Monday, April 23, 2012

Footsteps (1972)


          Nominated for a Golden Globe as the best TV movie of its year, Footsteps is a hard-driving character drama set in the competitive world of college football. Yet instead of focusing on the tribulations of athletes, as is the norm for the genre, Footsteps explores the psychology of a ruthless coach whose belligerence, drinking, and shady ethics have made him a pariah among top schools. Richard Crenna, putting his customary intensity to great use, stars as Paddy O’Connor, a cocky ex-player with a good record of guiding teams toward victory, but a bad record of holding onto jobs.
          When the movie begins, he arrives in a small Southwestern town to start work as a defensive coordinator at a regional college. Since the school’s head coach, Jonas Kane (Clu Gulager), once played for O’Connor, O’Connor bristles at taking orders from a former subordinate. O’Connor also angles for Kane’s job, sleeps with Kane’s secretary to get inside information, cozies up to a deep-pocketed sponsor (Forrest Tucker) in order to have a star player moved to defense, and makes passes at Kane’s girlfriend, beautiful drama teacher Sarah Allison (Joanna Pettet). For a while, O’Connor gets away with his behavior by delivering a winning season, but things come to a head when moral crises reveal how conscience sometimes inhibits ambition.

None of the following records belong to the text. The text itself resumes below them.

//! The image of a register, and a register that goes on where it was made.

ghost use Rattle.std.specs.Prelude.{◌≡◌, ◌≢◌, length};
ghost use Rattle.kunchrol.specs.Calls.{keep_of};
ghost use Rattle.kunchrol.specs.Restoring.{RefusesImage, RefusesRestore, RestoresText, WritesImage, code_of_restore, line_of_restore};

use crate::buffer::write_image;
use crate::code::{
    ARGUMENT, CLOSED, IMAGE_LINE, IMAGE_SHORT, MEMORY, OK, OPEN, code_of_records, line_of,
};
use crate::handle::Handle;
use crate::keep_of;
use embed::{ImageFault, Register, RestoreFault};
use hlrcore::ShardNumber;
use std::alloc::Global;

/// Opens the register that goes on where it was saved (`embed::Register::restore`). It keeps journals, or with `journals` 0 none. If a line
/// of the records file or of the image has a fault its number is put at `line`, else 0.
#[unsafe(no_mangle)]
pub extern "C" fn kunchrol_restore(
    alloc: Global,
    text: &[u8],
    image: &[u8],
    journals: u8,
    handle: &mut Handle,
    line: &mut u64,
) -> u32
    ensures restored { result ≡ 0 → RestoresText text.now image.now (keep_of journals)
        handle.old.value handle.new.value }
    ensures why { result ≢ 0 → RefusesRestore text.now image.now handle.old.value line.new result }
    ensures refused { result ≢ 0 → handle.new.value ≡ handle.old.value }
    ensures no_line { result ≡ 0 → line.new ≡ 0 }
{
    *line = 0;
    if let Some(register) = handle.take(alloc) {
        handle.put(register);
        return OPEN;
    }
    match Register::restore(alloc, text, image, keep_of(journals)) {
        Ok(register) => match Box::new(alloc, register) {
            Ok(register) => {
                handle.put(register);
                OK
            }
            Err(_) => MEMORY,
        },
        Err(fault) => {
            *line = line_of_restore(fault);
            code_of_restore(fault)
        }
    }
}

/// Why a register was not restored.
fn code_of_restore(fault: RestoreFault) -> u32
    ensures { result ≡ code_of_restore fault }
{
    match fault {
        RestoreFault::Records(fault) => code_of_records(fault),
        RestoreFault::Image(ImageFault::Line(_)) => IMAGE_LINE,
        RestoreFault::Image(ImageFault::CutShort) => IMAGE_SHORT,
        RestoreFault::Image(ImageFault::Memory) => MEMORY,
    }
}

/// The line of a fault, from 1; 0 if it is none of one line.
fn line_of_restore(fault: RestoreFault) -> u64
    ensures { result ≡ line_of_restore fault }
{
    match fault {
        RestoreFault::Records(fault) => line_of(fault),
        RestoreFault::Image(ImageFault::Line(line)) => line,
        RestoreFault::Image(_) => 0,
    }
}

/// Writes the image of a shard into the buffer, and its length at `len`, also if the buffer is too small.
#[unsafe(no_mangle)]
pub extern "C" fn kunchrol_image(
    alloc: Global,
    handle: &mut Handle,
    shard: u8,
    buffer: &mut [u8],
    len: &mut usize,
) -> u32
    ensures written { result ≡ 0 → WritesImage shard handle.old.value buffer.old len.new buffer.new }
    ensures why { result ≢ 0 → RefusesImage shard handle.old.value (length buffer.old) len.new result }
    ensures unchanged { handle.new.value ≡ handle.old.value }
    ensures refused { result ≢ 0 → buffer.new ≡ buffer.old }
    ensures len { result ≢ 0 → result ≢ 2 → len.new ≡ len.old }
{
    let Some(shard) = ShardNumber::new(shard) else {
        return ARGUMENT;
    };
    let Some(register) = handle.take(alloc) else {
        return CLOSED;
    };
    let code = write_image(&register, shard, buffer, len);
    handle.put(register);
    code
}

          Although it suffers from brevity, running the standard 74 minutes for a ’70s TV movie, Footsteps is quite solid. Featuring a script co-written by future Oscar winner Alvin Sargent, the movie has several compelling confrontations. Moreover, the O’Connor character is such a force of nature that it’s fascinating to parse how much of his act is bluster and how much is justifiable confidence. Though generally not the deepest actor, Crenna slips into this role comfortably and delivers a virile performance. The supporting cast is fine as well, with Bill Overton doing strong work as O’Connor’s star player. (Ned Beatty is wasted in a tiny role.) Veteran TV director Paul Wendkos accentuates the story’s inherent tension with tight compositions placing actors in close proximity, and the filmmakers employ trippy effects like solarization and split-screens to enliven big-game montages that were obviously cobbled together from stock footage.